Created 04-11-2017 02:34 PM
Dear All,
I am trying to run FPGrowth from MLLib on my transactional data. The example creates the data like this:
#data = [["a", "b", "c"], ["a", "b", "d", "e"], ["a", "c", "e"], ["a", "c", "f"]] #rdd = sc.parallelize(data,2)
But i got a deep table with two integer coloums in my hive table, which i need to prepare. My table looks like this:
+-----------+----------+ |customer_id|product_id| +-----------+----------+ | 370| 154| | 41| 40| | 109| 173|
I retrieve it cast my product id to string:
df = sqlContext.sql("SELECT * from raw_transactions") df = df.withColumn("p",df.product_id.cast("string"))
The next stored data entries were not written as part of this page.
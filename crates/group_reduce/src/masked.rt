//! A kept value for each group, and a bit that tells whether anything entered it.
ghost use Rattle.std.specs.Prelude.{◌≡◌, ◌<◌, ◌-◌, ◌^◌, List, [], true, not, length, None, slice_set, slice_index_or, IsOk, OnOk, OnErr};
ghost use Rattle.std.specs.List.{list_any};
ghost use Rattle.col_core.specs.declared.data_type.DataType.{DataType};
ghost use Rattle.col_core.specs.Values.{value_at, is_null};
ghost use Rattle.reduce_states.specs.States.{State, start, merge, one};
ghost use Rattle.group_reduce.specs.Reducing.{AllFit};
ghost use Rattle.group_reduce.specs.Masked.{AreMasked, skips_nulls};

use crate::entering::fill_values;
use crate::grouped::{GroupedReduction, Stated};
use crate::reducer::Reducer;
use crate::wrapped::wrap_all;
use col_arrays::MutableBitmap;
use col_core::{DataType, IdxSize, Series};
use group_parts::partition_vec_mask;
use std::alloc::{AllocError, Global};

/// A kept value for each group, and a bit that is set where a value that is not null has entered.
#[derive(Drop)]
pub struct VecMaskGroupedReduction<R: Reducer> {
    values: Vec<R::Value>,
    mask: MutableBitmap,
    in_dtype: DataType,
    reducer: R,
    alloc: Global,
    ghost small: { length values.items < 2 ^ 32 },
    ghost paired: { length mask ≡ length values.items },
    ghost served: { R.serves in_dtype ≡ true },
    ghost skips: { skips_nulls R.kind ≡ true },
    ghost fit: { AllFit R.fits in_dtype values.items },
}

impl<R: Reducer> VecMaskGroupedReduction<R> {
    /// No groups yet. The reducer is of a kind that skips nulls.
    pub fn new(alloc: Global, in_dtype: DataType, reducer: R) -> Self
        requires served { R.serves in_dtype ≡ true }
        requires skips { skips_nulls R.kind ≡ true }
        ensures { (result.values.items ≡ []) × (result.mask ≡ []) × (result.in_dtype ≡ in_dtype) }
    {
        VecMaskGroupedReduction {
            values: Vec::new(alloc),
            mask: MutableBitmap::new(alloc),
            in_dtype,
            reducer,
            alloc,
        }
    }

    /// A value of a column enters a group. After `Err` the groups are as they were.
    fn enter_at(
        &mut self,
        g: usize,
        values: &Series,
        i: usize,
        seq_id: u64,
    ) -> Result<(), AllocError>
        requires dtype { values.now.dtype ≡ self.old.in_dtype }
        requires place { g < length self.old.values.items }
        requires inside { i < length values.now.values }
        requires number { seq_id < 2 ^ 64 - 1 }
        ensures dtype { self.new.in_dtype ≡ self.old.in_dtype }
        ensures long { length self.new.values.items ≡ length self.old.values.items }
        ensures ok { OnOk result ((t : DataType) (xs : List State) → AreMasked R.stands self.old.values.items self.old.mask xs
            → AreMasked R.stands self.new.values.items self.new.mask (slice_set xs g
            (merge R.kind t (slice_index_or xs g (start R.kind t))
            (one R.kind t (record { number = seq_id; value = value_at values.now.values i }))))) }
        ensures err { OnErr result ((self.new.values.items ≡ self.old.values.items) × (self.new.mask ≡ self.old.mask)) }
        ensures fixed { R.FIXED ≡ true → IsOk result }
    {
        if values.leaf_ref(i).is_null() {
            return Ok(());
        }
        self.reducer
            .reduce_at(&mut self.values[g], values, i, seq_id + 1)?;
        self.mask.set(g, true);
        Ok(())
    }

    /// A group of others enters a group. After `Err` the groups are as they were.
    fn merge_at(&mut self, g: usize, other: &Self, j: usize) -> Result<(), AllocError>
        requires dtype { other.now.in_dtype ≡ self.old.in_dtype }
        requires place { g < length self.old.values.items }
        requires from { j < length other.now.values.items }
        ensures dtype { self.new.in_dtype ≡ self.old.in_dtype }
        ensures long { length self.new.values.items ≡ length self.old.values.items }
        ensures ok { OnOk result ((t : DataType) (xs ys : List State) → AreMasked R.stands self.old.values.items self.old.mask xs
            → AreMasked R.stands other.now.values.items other.now.mask ys
            → AreMasked R.stands self.new.values.items self.new.mask (slice_set xs g
            (merge R.kind t (slice_index_or xs g (start R.kind t)) (slice_index_or ys j (start R.kind t))))) }
        ensures err { OnErr result ((self.new.values.items ≡ self.old.values.items) × (self.new.mask ≡ self.old.mask)) }
        ensures fixed { R.FIXED ≡ true → IsOk result }
    {
        self.reducer.combine(&mut self.values[g], &other.values[j])?;
        self.mask.or_pos(g, other.mask.get(j));
        Ok(())
    }
}

/// Whether some value is not null.
fn has_present(values: &Series) -> bool
    ensures { result ≡ list_any (λ v. not (is_null v)) values.now.values }
{
    values.null_count() < values.len()
}

impl<R: Reducer> Stated for VecMaskGroupedReduction<R> {
    ghost shape = { λ v. record { kind = R.kind; dtype = v.in_dtype; fixed = R.FIXED; groups = length v.values.items; form = R.form } };

    ghost holds = { λ v xs. AreMasked R.stands v.values.items v.mask xs };
}

impl<R: Reducer> GroupedReduction for VecMaskGroupedReduction<R> {
    ghost use Rattle.group_reduce.specs.Zips.{AllZip-length, all_states};

    ghost long = { λ v xs h. AllZip-length R.stands v.values.items xs h.stand };

    ghost states = { λ v xs h. all_states R.kind v.in_dtype xs R.plain };

    fn new_empty(&self) -> Self {
        VecMaskGroupedReduction {
            values: Vec::new(self.alloc),
            mask: MutableBitmap::new(self.alloc),
            in_dtype: self.in_dtype,
            reducer: self.reducer,
            alloc: self.alloc,
        }
    }

    fn num_groups(&self) -> IdxSize {
        self.values.len() as u32
    }

    fn in_dtype(&self) -> DataType {
        self.in_dtype
    }

    fn is_fixed(&self) -> bool {
        R::FIXED
    }

    fn reserve(&mut self, additional: usize) -> Result<(), AllocError> {
        self.values.reserve(additional)?;
        self.mask.reserve(additional)
    }

    fn resize(&mut self, num_groups: IdxSize) -> Result<(), AllocError> {
        let held = self.values.len();
        let wanted = num_groups as usize;
        if wanted <= held {
            self.mask.resize(wanted, false)?;
            self.values.truncate(wanted);
            return Ok(());
        }
        self.values.reserve(wanted - held)?;
        self.mask.resize(wanted, false)?;
        fill_values(self.reducer, &mut self.values, num_groups);
        Ok(())
    }

    fn update_group(
        &mut self,
        values: &Series,
        group_idx: IdxSize,
        seq_id: u64,
    ) -> Result<(), AllocError> {
        let g = group_idx as usize;
        self.reducer
            .reduce_ca(&mut self.values[g], values, seq_id + 1)?;
        self.mask.or_pos(g, has_present(values));
        Ok(())
    }

    fn update_groups(
        &mut self,
        values: &Series,
        group_idxs: &[IdxSize],
        seq_id: u64,
    ) -> Result<(), AllocError> {
        for (i, g) in group_idxs.iter().enumerate() {
            self.enter_at(*g as usize, values, i, seq_id)?;
        }
        Ok(())
    }

    fn combine(&mut self, other: &Self, group_idxs: &[IdxSize]) -> Result<(), AllocError> {
        for (i, g) in group_idxs.iter().enumerate() {
            self.merge_at(*g as usize, other, i)?;
        }
        Ok(())
    }

    fn gather_combine(
        &mut self,
        other: &Self,
        subset: &[IdxSize],
        group_idxs: &[IdxSize],
    ) -> Result<(), AllocError> {
        for (i, g) in group_idxs.iter().enumerate() {
            self.merge_at(*g as usize, other, subset[i] as usize)?;
        }
        Ok(())
    }

    fn partition(
        self,
        alloc: Global,
        partition_sizes: &[IdxSize],
        partition_idxs: &[IdxSize],
    ) -> Result<Vec<Self>, Self> {
        let VecMaskGroupedReduction {
            values,
            mask,
            in_dtype,
            reducer,
            alloc: own,
        } = self;
        let mut parts = Vec::new(alloc);
        if parts.reserve(partition_sizes.len()).is_err() {
            return Err(VecMaskGroupedReduction {
                values,
                mask,
                in_dtype,
                reducer,
                alloc: own,
            });
        }
        let bits = mask.freeze();
        match partition_vec_mask(alloc, values, &bits, partition_sizes, partition_idxs) {
            Ok(pairs) => {
                let wrap = |pair: (Vec<R::Value>, MutableBitmap)| -> VecMaskGroupedReduction<R>
                    requires { (length pair.0.items < 2 ^ 32) × (length pair.1 ≡ length pair.0.items) × AllFit R.fits in_dtype pair.0.items × (R.serves in_dtype ≡ true) × (skips_nulls R.kind ≡ true) }
                    ensures { (result.values.items ≡ pair.0.items) × (result.mask ≡ pair.1) × (result.in_dtype ≡ in_dtype) }
                {
                    VecMaskGroupedReduction {
                        values: pair.0,
                        mask: pair.1,
                        in_dtype,
                        reducer,
                        alloc: own,
                    }
                };
                Ok(wrap_all(parts, pairs, wrap))
            }
            Err(values) => Err(VecMaskGroupedReduction {
                values,
                mask: bits.into_mut(),
                in_dtype,
                reducer,
                alloc: own,
            }),
        }
    }

    fn finalize(&mut self, alloc: Global) -> Result<Series, AllocError> {
        let column = self
            .reducer
            .finish(alloc, &self.values, Some(&self.mask), self.in_dtype)?;
        self.values.clear();
        self.mask = MutableBitmap::new(self.alloc);
        Ok(column)
    }
}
Afterwards I create a data frame where i concat my products grouped by customer id
g = df.groupBy("customer_id").agg(concat_ws(",",collect_list("p"))).collect() df1 = sqlContext.createDataFrame(g) df1 = df1.withColumnRenamed("concat_ws(,,'collect_list(p))","products").drop("concat_ws(,,'collect_list(p))")
Which Looks like this
DataFrame[customer_id: bigint, products: string] +-----------+--------------------+ |customer_id| products| +-----------+--------------------+ | 31| 1,145| | 231|1,79,172,33,159,1...| | 32| 153| | 232|109,5,19,168,60,1...|
What I am now struggeling to do, is get this comma seperated string of products into a format FPGrowth wants to have it. I try to work with flatMap and split, but i just get various errors.
Any help is very appriciated.
Best,
Martin
Created 04-12-2017 08:40 AM
You don't need to do the whole string conversion and concat steps. Simply try
from pyspark.sql.functions import collect_list, col transactions = df.groupBy("customer_id")\ .agg(collect_list("product_id").alias("product_ids"))\ .rdd\ .map(lambda x: x.product_ids) transactions.collect()
Then
from pyspark.mllib.fpm import FPGrowth model = FPGrowth.train(transactions, 0.2, 10) result = model.freqItemsets().collect() for fi in result: print(fi)
will work
Created 08-03-2017 02:23 PM
Suppose if we have multiple columns in the table shown above like customer Id, product it, timestamp of purchace, price of item etc. Each customer can do multiple transactions and if we need to find a fraudulent customer(different usage pattern than existing customer) based on the transaction patterns of customer(Group by customer Id of all transactions and find similar patterns among them), can we apply pySpark for this?